During the Cold War, the military, along with the other institutions that constitute the national-security establishment, adopted practices that may well have undermined civil society. Today, much of the intellectual residue of the Cold War remains: the ingrained penchant for secrecy, the conviction that pervasive evil must be defeated on its own terms, and the belief that extraordinary ends require and permit extraordinary means. Moreover, although opinion polls suggest that the public holds the military in relatively high esteem compared to other public institutions, there is mounting evidence that the military has become progressively more alienated from society. While incidents of socially irresponsible behavior by armed-- services personnel-sexual misconduct, abuses of authority, intolerance, and fraud-have occurred with alarming frequency in recent years, uniformed professionals still regularly express attitudes of moral superiority. Such behaviors and attitudes reveal much that is troubling about the military's selfaggrandizing sense of its mission and itself.

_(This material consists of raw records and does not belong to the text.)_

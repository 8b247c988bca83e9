//! The last text within each limit, and the first beyond it.

use super::{assert_parts_accepted, assert_parts_refused, numbered};
use std::test::Fail;

#[test]
fn a_text_is_counted_with_its_white_space(rt: HostRuntime) -> Result<(), Fail> {
    let alloc = rt.alloc();
    let last = [("skip", 1), (" ", 65_532)];
    assert_parts_accepted(&rt, alloc, &last)?;
    let more = [("skip", 1), (" ", 65_533)];
    assert_parts_refused(&rt, alloc, &more, "text over 65536 bytes")?;
    // The line feed before the mark is a byte of the text, and the mark is none.
    let last = [(" ", 65_531), ("skip\n%%\n", 1)];
    assert_parts_accepted(&rt, alloc, &last)?;
    let more = [(" ", 65_532), ("skip\n%%\n", 1)];
    assert_parts_refused(&rt, alloc, &more, "text over 65536 bytes")
}

#[test]
fn the_first_unit_at_depth_65_is_named(rt: HostRuntime) -> Result<(), Fail> {
    let alloc = rt.alloc();
    // Braces are a unit, and `skip` within them another.
    let last = [("{", 63), ("skip", 1), ("}", 63)];
    assert_parts_accepted(&rt, alloc, &last)?;
    let more = [("{", 64), ("skip", 1), ("}", 64)];
    assert_parts_refused(&rt, alloc, &more, "too deep at lexeme 64")?;
    let last = [("next hence ", 31), ("next skip", 1)];
    assert_parts_accepted(&rt, alloc, &last)?;
    let more = [("next hence ", 32), ("skip", 1)];
    assert_parts_refused(&rt, alloc, &more, "too deep at lexeme 64")?;
    // Three lexemes declare, and each part is two units of the lexemes `if a else next`.
    let more = [("signal a; ", 1), ("if a else next ", 32), ("a", 1)];
    assert_parts_refused(&rt, alloc, &more, "too deep at lexeme 131")?;
    // Within 63 braces the parts of a par are at depth 64, and what stands in further braces is at depth 65.
    // Before it are the lexemes `skip || {`.
    let inner = [("{", 63), ("skip || {skip} || {skip}", 1), ("}", 63)];
    assert_parts_refused(&rt, alloc, &inner, "too deep at lexeme 66")?;
    let beside = [("skip || ", 200), ("{", 63), ("skip", 1), ("}", 63)];
    assert_parts_accepted(&rt, alloc, &beside)
}

#[test]
fn the_first_ninth_token_is_named(rt: HostRuntime) -> Result<(), Fail> {
    let alloc = rt.alloc();
    // A bound on both sides is one token, and each constraint has eight of its own.
    let int = ("int x in 0..9; ", 1);
    let last = [
        int,
        ("x=1 & ", 7),
        ("x=1 || ", 1),
        ("x=1 & ", 7),
        ("x=1", 1),
    ];
    assert_parts_accepted(&rt, alloc, &last)?;
    // Seven lexemes declare, and each of eight tokens has the lexemes `x = 1 &`.
    let more = [int, ("x=1 & ", 8), ("x=1", 1)];
    assert_parts_refused(&rt, alloc, &more, "too many tokens at lexeme 39")?;
    // Three lexemes declare, and each of eight tokens has the lexemes `! a &`.
    let more = [("signal a; ", 1), ("!a & ", 8), ("a", 1)];
    assert_parts_refused(&rt, alloc, &more, "too many tokens at lexeme 27")
}

#[test]
fn the_place_of_a_ninth_token_is_its_first_lexeme(rt: HostRuntime) -> Result<(), Fail> {
    let alloc = rt.alloc();
    // Three lexemes declare, and each of eight tokens has the lexemes `a &`.
    for ninth in ["!a", "#a", "a & a", "!a & !a || a"] {
        let text = [("signal a; ", 1), ("a & ", 8), (ninth, 1)];
        assert_parts_refused(&rt, alloc, &text, "too many tokens at lexeme 19")?;
    }
    for (before, reason) in [
        ("if ", "too many tokens at lexeme 20"),
        ("a || if ", "too many tokens at lexeme 22"),
        ("if a then if ", "too many tokens at lexeme 23"),
    ] {
        let text = [
            ("signal a; ", 1),
            (before, 1),
            ("a & ", 8),
            ("#a else a", 1),
        ];
        assert_parts_refused(&rt, alloc, &text, reason)?;
    }
    Ok(())
}

#[test]
fn up_to_256_cells_are_declared_besides_local_ones(rt: HostRuntime) -> Result<(), Fail> {
    let alloc = rt.alloc();
    let names = numbered(alloc, 255)?;
    let last = [(names.as_str(), 1), ("int x in 0..1; new signal s in s", 1)];
    assert_parts_accepted(&rt, alloc, &last)?;
    let more = [(names.as_str(), 1), ("int x in 0..1, y in 0..1; skip", 1)];
    assert_parts_refused(&rt, alloc, &more, "over 256 declared cells")
}

#[test]
fn up_to_4096_nodes_are_units_and_pars_but_no_braces(rt: HostRuntime) -> Result<(), Fail> {
    let alloc = rt.alloc();
    // Between 2,048 parts are 2,047 pars, and the last part has two nodes, and then three.
    let last = [("skip || ", 2_047), ("{{hence skip}}", 1)];
    assert_parts_accepted(&rt, alloc, &last)?;
    let more = [("skip || ", 2_047), ("{hence next skip}", 1)];
    assert_parts_refused(&rt, alloc, &more, "over 4096 nodes")
}

#[test]
fn up_to_1024_cells_are_declared_or_local(rt: HostRuntime) -> Result<(), Fail> {
    let alloc = rt.alloc();
    let local = "new signal s in skip || ";
    let reason = "over 1024 cells";
    assert_parts_accepted(&rt, alloc, &[(local, 1_024), ("skip", 1)])?;
    assert_parts_refused(&rt, alloc, &[(local, 1_025), ("skip", 1)], reason)?;
    let declared = ("signal a; ", 1);
    assert_parts_accepted(&rt, alloc, &[declared, (local, 1_023), ("a", 1)])?;
    assert_parts_refused(&rt, alloc, &[declared, (local, 1_024), ("a", 1)], reason)
}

Four Strategic Imperatives
The above strategic aims suggest four imperatives that should guide the structure and use of a strategically effective military. First, if the United States is to achieve lasting peace and security, it must have the capability to target, deal effectively with, and ultimately eliminate the underlying causes of unrest, violence, and instability abroad. To have the capability only to react after the fact, and then to do so only when the symptoms of the moment have become sufficiently urgent and threatening, is to heighten the probability of crisis misjudgment and failure. The dilemma, of course, is that treating causes-intolerance, injustice, repression, deprivation, environmental degradation-means dealing with conditions before they are deemed threatening, when they fall within the accepted sovereign purview of another country, or when they thereby seem to demand a strictly nonmilitary response.